Each decision variable specification must contain exactly one parameter marked with '?'. This signifies the target parameter to be optimized during the calibration or search process.

Step 3b: Define decision variables (Approach 2 - using .add_parameters())

Instead of a list, you can add each parameter one at a time. There is a need to initiate our problem with objectives only, then add control variables on the fly.

# initialise the problem
problem = MultiObjectiveProblem(runner, objectives=[maximize_yield, minimize_nitrate_leaching])

problem.add_parameters(
    path='.Simulations.Simulation.Field.Fertilise at sowing',
    Amount='?', bounds=[50, 300], v_type='float')

problem.add_parameters(
    path='.Simulations.Simulation.Field.Sow using a variable rule',
    Population='?', bounds=[4, 14], v_type='float')

Note

The best approach depends on the user’s preference, but the last approach helps the user to focus on one control variables required details at a time.

Step 5: Run the NSGA-II optimizer

NSGA-II is a commonly used algorithm for multi-objective problems. There are other genetic multi-objective algorithms, but for trade-off analysis with APSIM, NSGA-II is more than adequate. You can now run it as follows:

algorithm = NSGA2(pop_size=20)

result = minimize(
    problem.get_problem(),
    algorithm,
    ('n_gen', 10),
    seed=1,
    verbose=True
)
  • pop_size: number of candidate solutions per generation.

  • n_gen: number of generations to run.

Step 6: Plot the Pareto Front

The results show trade-offs between competing objectives. You can visualize them:

F = result.F
plt.scatter(F[:, 0]* -1, F[:, 1])
plt.xlabel("Yield")
plt.ylabel("N Leaching")
plt.title("Pareto Front")
plt.show()
_images/yield_nleach.png

comment

From the graph above, it is clear that achieving high corn yield while simultaneously reducing nitrate leaching is quite challenging. This is because high yields typically require the application of large amounts of nitrogen fertilizer, which is often associated with increased nitrate leaching.

Tip

Compute Hyper volume (Optional)

The hyper volume gives a scalar metric of solution quality, and can be useful if you want to explore the best inputs such as pop_size, max_gen.

A high value indicates better solution quality than a lower one. Therefore, it can also be used to compare the performance of multiple minimization algorithms.

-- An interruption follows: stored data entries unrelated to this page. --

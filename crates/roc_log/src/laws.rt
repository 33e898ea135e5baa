//! Laws of logs, over all bytes. Each is the contract of a function that does nothing.

ghost use Rattle.std.specs.Prelude.{◌≡◌, ℕ, List, ◌⊎◌};
ghost use Rattle.roc_base.specs.declared.node.Node.{Node};
ghost use Rattle.roc_program.specs.Program.{Workload};
ghost use Rattle.roc_log.specs.declared.fault.What.{What};
ghost use Rattle.roc_log.specs.declared.line.Log.{Log};
ghost use Rattle.roc_log.specs.LogLine.{log_text};
ghost use Rattle.roc_log.specs.Logs.{IsLog, IsLogFault, MayBeWritten};

/// Bytes are at most one log, and have at most one first fault.
pub fn logs_are_unique()
    ensures logs { (program : Workload) (tag : List ℕ) (seen : List Node) (text : List ℕ) (log other : Log)
        → IsLog program tag seen text log → IsLog program tag seen text other → log ≡ other }
    ensures faults { (program : Workload) (tag : List ℕ) (seen : List Node) (text : List ℕ) (line other : ℕ) (what cause : What)
        → IsLogFault program tag seen text line what → IsLogFault program tag seen text other cause → (line ≡ other) × (what ≡ cause) }
{}

/// Bytes are a log or have a first fault, and not both.
pub fn texts_are_right_or_wrong()
    ensures one_of_both { (program : Workload) (tag : List ℕ) (seen : List Node) (text : List ℕ)
        → ((log : Log) × IsLog program tag seen text log) ⊎ ((line : ℕ) × (what : What) × IsLogFault program tag seen text line what) }
    ensures not_both { (program : Workload) (tag : List ℕ) (seen : List Node) (text : List ℕ) (log : Log) (line : ℕ) (what : What)
        → IsLog program tag seen text log → IsLogFault program tag seen text line what → ⊥ }
{}

/// What is written of a log whose lines may stand in it is read as it was.
pub fn written_logs_are_read()
    ensures { (program : Workload) (tag : List ℕ) (seen : List Node) (log : Log)
        → MayBeWritten program tag seen log → IsLog program tag seen (log_text program log) log }
{}
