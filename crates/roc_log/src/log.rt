//! `parse_log`: from the bytes of a log to its lines.

ghost use Rattle.std.specs.Prelude.{Err, IfOk, IfErr};
ghost use Rattle.roc_log.specs.declared.line.Log.{Log};
ghost use Rattle.roc_log.specs.Words.{log_lines};
ghost use Rattle.roc_log.specs.Logs.{IsLog, IsLogFault, IsLogOr, IsFaultBy};
ghost use Rattle.roc_log.specs.Inner.Given.{GivesAt, views, log_of_lines};

use crate::fault::{LogFault, What};
use crate::line::Log;
use crate::node_line::first_line;
use crate::parts::{line_count, parts_of};
use crate::reading::further_lines;
use roc_base::Node;
use roc_program::Workload;
use std::alloc::Global;

/// The log of these lines.
fn log_of_lines(
    alloc: Global,
    workload: &Workload,
    tag: &[u8; 8],
    seen: &[Node],
    lines: &[&[u8]],
) -> Result<Log, LogFault>
    ensures { GivesAt result (log_of_lines workload.now tag.now seen.now (views lines.now)) }
{
    let Some((first, further)) = lines.split_first() else {
        return Err(LogFault::At {
            line: 1,
            what: What::Word,
        });
    };
    match first_line(alloc, workload.shards(), seen, first) {
        Ok(node) => match further_lines(alloc, workload, tag, node, further) {
            Ok(lines) => Ok(Log {
                tag: *tag,
                node,
                lines,
            }),
            Err(fault) => Err(fault),
        },
        Err(fault) => Err(fault.at(1)),
    }
}

#[tactic(auto, unfolding(crate::specs::Words::log_lines))]
fn log_of(
    alloc: Global,
    workload: &Workload,
    tag: &[u8; 8],
    seen: &[Node],
    text: &[u8],
) -> Result<Log, LogFault>
    ensures { GivesAt result (log_of_lines workload.now tag.now seen.now (log_lines text.now)) }
{
    let parts = parts_of(alloc, text, b'\n')?;
    let count = line_count(&parts);
    log_of_lines(alloc, workload, tag, seen, &parts[..count])
}

/// The log that bytes are, under a workload with this tag, where there are logs of the nodes `seen` already:
/// `docs/FORMATS.md` says what that is. Its size is not judged here.
///
/// Of other bytes the first fault is named. `NoMemory` leaves nothing behind.
pub fn parse_log(
    alloc: Global,
    workload: &Workload,
    tag: &[u8; 8],
    seen: &[Node],
    text: &[u8],
) -> Result<Log, LogFault>
    // What is taken is this log.
    ensures found { IfOk result (λ log. IsLog workload.now tag.now seen.now text.now log) }
    // A log is taken, unless memory runs out.
    ensures only { (log : Log) → IsLog workload.now tag.now seen.now text.now log → IsLogOr log result }
    // A fault is the first one of the bytes.
    ensures fault { IfErr result (IsFaultBy (IsLogFault workload.now tag.now seen.now text.now)) }
{
    log_of(alloc, workload, tag, seen, text)
}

hv = compute_hyper_volume(F, normalize=True)
print("Hyper volume:", hv)

Hint

Objectives are typically expressed in different units, and some—such as yield—may have much larger amplitudes. This makes determining a suitable reference point challenging. In such cases, normalization can help automatically detect the reference point by applying specific thresholds.

Comparing objectives without mult-objective optimization

What if we just run out the different combinations of the decision variables: population density and the nitrogen application rate can we ge the same pareto front and trade-offs we have seen in that graph? To answer this question we are going to run a factorial experiment.

import numpy as np
population  = [str(i) for i in np.random.randint(low=1, high=12, size=20)]
nitrogen  = [str(i) for i in np.random.randint(low=50, high=300, size=20)]
runner.create_experiment(permutation=False, base_name='Simulation')
runner.add_factor(specification=f"[Fertilise at sowing].Script.Amount = {','.join(nitrogen)}", factor_name='Nitrogen')
runner.add_factor(specification=f"[Sow using a variable rule].Script.Population ={','.join(population)}",
                 factor_name='Population')
runner.run(verbose=True)

df = runner.results.drop_duplicates()
df  = df.groupby('SimulationID')[['Yield', 'nitrate']].mean()
yi = df.Yield
nitrate  =df.nitrate
plt.scatter(yi , nitrate)
plt.xlabel("Yield")
plt.ylabel("N Leaching")
plt.title("Trade-offs between yield and nitrate leaching")
plt.show()
_images/no_nsg2.png

comment

From the graph above, it is clear that the pattern is no where close to what we could call a clear pareto front that can demonstrate the trade-offs between different objectives.